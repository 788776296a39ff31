//! Laws of the driver's calls. A law is the contract of a function without arguments.

ghost use Rattle.std.specs.Prelude.{ℕ, ◌≡◌, ◌<◌, List, Option, Some, length};
ghost use Rattle.driver_list.specs.inner.Places.{IsPlaced, total};
ghost use Rattle.driver_list.specs.inner.States.{state_of as page_state};
ghost use Rattle.backing_store.specs.Calls.{Call};
ghost use Rattle.run_calls.specs.inner.Stores.{TellsStore};
ghost use Rattle.run_calls.specs.inner.Comes.{AnswerComes, Comes, EndComes, Tells, TurnComes};
ghost use Rattle.driver_tables.specs.declared.driver.Driver.{Driver};
ghost use Rattle.driver_faults.specs.inner.Finishing.{CanFinish, IsFinished};
ghost use Rattle.driver_faults.specs.inner.Resolving.{IsResolved};
ghost use Rattle.driver_faults.specs.declared.answers.FaultAnswer.{FaultAnswer};
ghost use Rattle.driver_faults.specs.declared.answers.Loaded.{Loaded};
ghost use Rattle.machine_laws.specs.inner.State.{State};
ghost use Rattle.sgx_machine.specs.inner.Parts.{Parts, state_of};
ghost use Rattle.job_grammar.specs.Jobs.{JobView};
ghost use Rattle.driver_pass.specs.inner.Viewed.{PassView};
ghost use Rattle.driver_reclaim.specs.inner.Asked.{look_told, told_by};
ghost use Rattle.driver_reclaim.specs.inner.Ready.{CanStep, Ready};
ghost use Rattle.driver_reclaim.specs.inner.Rests.{IsWait};
ghost use Rattle.driver_reclaim.specs.inner.Stored.{StoredSays};
ghost use Rattle.driver_reclaim.specs.inner.Turning.{TurnSays};
ghost use Rattle.driver_reclaim.specs.declared.turns.PassTurn.{PassTurn};
ghost use Rattle.sgx_types.specs.Making.{Making};
ghost use Rattle.sgx_rules.specs.declared.entries.Entry.{Entry};
ghost use Rattle.sgx_types.specs.declared.names.Cpu.{Cpu};
ghost use Rattle.sgx_types.specs.declared.names.Page.{Page};

/// The entry of a fault step comes with the call that was made of the store, and the step that makes no entry makes no call. The page is
/// the one that is asked for. Where the start of its load was refused, the bus behind it makes no call of its own.
pub fn fault_steps_tell_their_calls()
    ensures { (key : List ℕ) (past : List Entry) (calls : List Call) (d d' : Driver) (m m' : Parts) (cpu : Cpu) (page : Page)
        (answer : FaultAnswer) (told : Option (List Call)) → TellsStore key past calls d → cpu.0 < length d.kept
        → IsPlaced d.states.counts page → length d.states.states ≡ total d.states.counts
        → IsResolved cpu page (page_state d.states page) d m (Some calls) answer d' m' told
        → Tells told (λ calls'. AnswerComes cpu page answer calls calls' d d') }
{}

/// The end of a load makes no call. Behind it no record is kept for the processor.
pub fn ends_of_loads_make_no_call()
    ensures { (calls : List Call) (d d' : Driver) (m : Parts) (s t : State) (cpu : Cpu) (page : Page) (loaded : Loaded)
        (can : CanFinish cpu page d m) → length d.states.states ≡ total d.states.counts
        → IsFinished cpu page can.slot can.frame can.kept d s loaded d' t → EndComes cpu page loaded calls d d' }
{}

/// The entry of a turn of the reclaimer comes with the call that was made of the store: a look asks for place where it takes its page, or
/// would have taken it. Kicks, and a turn that waits, make no call.
pub fn turns_of_a_pass_tell_their_calls()
    ensures { (calls : List Call) (v v' : PassView) (d d' : Driver) (m m' : Parts) (turn : PassTurn) (told : Option (List Call))
        → d.states.counts ≡ d.active.counts → length d.states.states ≡ total d.states.counts → CanStep v d m
        → TurnSays v d m turn v' d' m' → (IsWait turn → d' ≡ d) → told ≡ told_by (look_told turn) (Some calls)
        → Tells told (λ longer. TurnComes turn calls longer d d') }
{}

/// The end of a write-out comes with the put of its record, whether that failed or not.
pub fn write_outs_tell_their_puts()
    ensures { (made : Making) (j : JobView) (past : List Entry) (calls : List Call) (v : PassView) (d d' : Driver) (m m' : Parts)
        (faults faults' : ℕ) (e : Entry) (told : Option (List Call)) → Ready made j past v d m
        → StoredSays v (state_of m) d (Some calls) faults e (state_of m') d' told faults'
        → Tells told (λ longer. Comes e calls longer d d') }
{}
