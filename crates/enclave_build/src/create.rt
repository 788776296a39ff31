//! ECREATE: an enclave begins.

ghost use Rattle.std.specs.Prelude.{◌≡◌, None, OnOk, OnErr, IfOk};
ghost use Rattle.sgx_types.specs.Lawful.{is_enclave};
ghost use Rattle.sgx_types.specs.Cases.{first_of_row};
ghost use Rattle.sgx_rules.specs.Table.{create_row};
ghost use Rattle.epcm_entry.specs.inner.Sights.{sight_in};
ghost use Rattle.secs_state.specs.inner.Secs.{created, with_frame};
ghost use Rattle.measure_log.specs.Blocks.{ecreate_block};
ghost use Rattle.measure_log.specs.inner.Measure.{HoldsLog};
ghost use Rattle.enclave_build.specs.inner.Build.{refusal_in_build, with_secs};

use crate::build_refusal::BuildRefusal;
use epcm_entry::epc::Epc;
use measure_log::measure::Measure;
use secs_state::secs::Secs;
use sgx_rules::refusals::Refusal;
use sgx_types::lawful::{is_enclave, is_lawful};
use sgx_types::names::{Frame, Kind, Page, Perm, SECS_NUMBER};
use std::alloc::Global;

/// ECREATE (Intel SDM volume 3D): a free frame becomes the SECS of enclave `enclave`, numbered from 1 to 8, over `size`
/// bytes from `base` on, and the enclave's measurement begins. `exists` tells whether it was created before.
///
/// Refused, in this order, as BadRange where the frame is past the EPC's end, the number is not from 1 to 8, or the range
/// is not lawful; PageExists; Conflict where the frame is busy; and FrameBusy where it holds a page. Want of memory
/// changes nothing either.
pub fn ecreate(
    alloc: Global,
    epc: &mut Epc,
    exists: bool,
    frame: Frame,
    enclave: u16,
    base: u64,
    size: u64,
) -> Result<(Secs, Measure), BuildRefusal>
    ensures row { refusal_in_build result
        ≡ first_of_row (create_row enclave base size exists (sight_in epc.old frame.0)) }
    ensures done { OnOk result (epc.new ≡ with_secs epc.old frame.0 enclave) }
    ensures secs { IfOk result (λ made. made.0 ≡ with_frame (created enclave base size) (Some frame)) }
    ensures log { IfOk result (λ made. HoldsLog made.1 (ecreate_block size)) }
    ensures refused { OnErr result (epc.new ≡ epc.old) }
{
    if let Some(refusal) = create_refusal(epc, exists, frame, enclave, base, size) {
        return Err(BuildRefusal::Refused(refusal));
    }
    let mut secs = Secs::new(alloc, enclave, base, size)?;
    let page = Page {
        enclave,
        number: SECS_NUMBER,
    };
    epc.set(frame, page, Kind::Secs, Perm::NONE);
    secs.set_frame(Some(frame));
    Ok((secs, Measure::create(size)))
}

// The first case of the row that holds.
fn create_refusal(
    epc: &Epc,
    exists: bool,
    frame: Frame,
    enclave: u16,
    base: u64,
    size: u64,
) -> Option<Refusal>
    ensures { result ≡ first_of_row (create_row enclave base size exists (sight_in epc.now frame.0)) }
{
    if frame.0 >= epc.frames() || !is_enclave(enclave) || !is_lawful(base, size) {
        return Some(Refusal::BadRange);
    }
    if exists {
        return Some(Refusal::PageExists);
    }
    let entry = epc.entry(frame);
    if entry.is_busy() {
        return Some(Refusal::Conflict);
    }
    if entry.is_valid() {
        return Some(Refusal::FrameBusy);
    }
    None
}
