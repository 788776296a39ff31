//! How a row's text is put together from another.

use super::told::{Told, tells};
use job_text::reader::read_job;
use job_text::refusals::JobRefusal;
use std::alloc::{AllocError, Global};
use std::process::Abort;
use std::test::Fail;

// What a row is of, a part of a text, what stands in its place, and what the changed text gives: `Read`, or its first faulty line and what
// is wrong there.
pub type Row<'a> = (&'a str, &'a str, &'a str, &'a str);

// The first part of a row, and what stands behind it.
fn cut(text: &str) -> Result<(&str, &str), Fail> {
    Ok(text.split_once('|').ok_or("a row has four parts")?)
}

// The row of a table's text, whose rows end in `;` and whose parts end in `|`.
pub fn row_in(text: &str) -> Result<Row<'_>, Fail> {
    let (what, rest) = cut(text)?;
    let (old, rest) = cut(rest)?;
    let (new, want) = cut(rest)?;
    Ok((what, old, new, want))
}

// How a text is spelled: the line before it, the byte before each line feed, and how many lines it has more.
struct Way {
    how: &'static str,
    comment: &'static str,
    has_returns: bool,
    lines: u32,
}

const AS_IT_IS: Way = Way {
    how: "as it is",
    comment: "",
    has_returns: false,
    lines: 0,
};

const WITH_RETURNS: Way = Way {
    how: "with carriage returns",
    comment: "",
    has_returns: true,
    lines: 0,
};

const BEHIND_A_COMMENT: Way = Way {
    how: "behind a comment",
    comment: "# a comment\n",
    has_returns: false,
    lines: 1,
};

const WAYS: &[Way] = &[AS_IT_IS, WITH_RETURNS, BEHIND_A_COMMENT];

fn push_part(bytes: &mut Vec<u8>, part: &str, has_returns: bool) -> Result<(), AllocError> {
    for byte in part.as_bytes() {
        if has_returns && *byte == b'\n' {
            bytes.push(b'\r')?;
        }
        bytes.push(*byte)?;
    }
    Ok(())
}

// A job's text with one part of it replaced.
fn push_replaced(bytes: &mut Vec<u8>, text: &str, row: &Row, way: &Way) -> Result<(), Fail> {
    let (_, old, new, _) = row;
    let (front, back) = text.split_once(*old).ok_or("the part stands in the text")?;
    push_part(bytes, way.comment, way.has_returns)?;
    push_part(bytes, front, way.has_returns)?;
    push_part(bytes, new, way.has_returns)?;
    push_part(bytes, back, way.has_returns)?;
    Ok(())
}

fn replaced(alloc: Global, text: &str, row: &Row, way: &Way) -> Result<Vec<u8>, Fail> {
    let mut bytes = Vec::new(alloc);
    push_replaced(&mut bytes, text, row, way)?;
    Ok(bytes)
}

// Why a text is no job. A job that is read tells what it is to.
fn refused(rt: &impl Abort, alloc: Global, text: &[u8], told: &Told) -> Option<JobRefusal> {
    match read_job(alloc, text) {
        Ok(job) => {
            tells(rt, &job, told);
            None
        }
        Err(refusal) => Some(refusal),
    }
}

// What a text gives, by its lines without those that the way has more.
fn spelled(alloc: Global, refused: Option<JobRefusal>, way: &Way) -> Result<String, Fail> {
    match refused {
        None => Ok("Read".to_string(alloc)?),
        Some(JobRefusal::Fault { line, kind }) => Ok(format!(in alloc;
            "{} {kind:?}",
            line.saturating_sub(way.lines)
        )?),
        Some(JobRefusal::Memory) => Err("there was no memory".into()),
    }
}

// Reads a text: what it gives, and what the job tells.
fn reads(
    rt: &impl Abort,
    alloc: Global,
    text: &[u8],
    way: &Way,
    told: &Told,
    what: &str,
    want: &str,
) -> Result<(), Fail> {
    let given = spelled(alloc, refused(rt, alloc, text, told), way)?;
    assert_eq!(rt; given.as_str(), want, "{what}, {}", way.how);
    Ok(())
}

// Reads a text as it is.
pub fn read_text(
    rt: &impl Abort,
    alloc: Global,
    text: &[u8],
    what: &str,
    want: &str,
) -> Result<(), Fail> {
    reads(rt, alloc, text, &AS_IT_IS, &Told::Anything, what, want)
}

// Reads a text with a part replaced, in one of the ways.
fn read_in_a_way(
    rt: &impl Abort,
    alloc: Global,
    text: &str,
    row: &Row,
    told: &Told,
    way: &Way,
) -> Result<(), Fail> {
    let bytes = replaced(alloc, text, row, way)?;
    reads(rt, alloc, &bytes, way, told, row.0, row.3)
}

// .. as it is, with carriage returns, and behind a comment line.
pub fn read_row(
    rt: &impl Abort,
    alloc: Global,
    text: &str,
    row: &Row,
    told: &Told,
) -> Result<(), Fail> {
    for way in WAYS {
        read_in_a_way(rt, alloc, text, row, told, way)?;
    }
    Ok(())
}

—————

*BRIEF*: How many lines in the listing contain "that"? Answer with the number alone.

*RESPONSE BELOW*: 8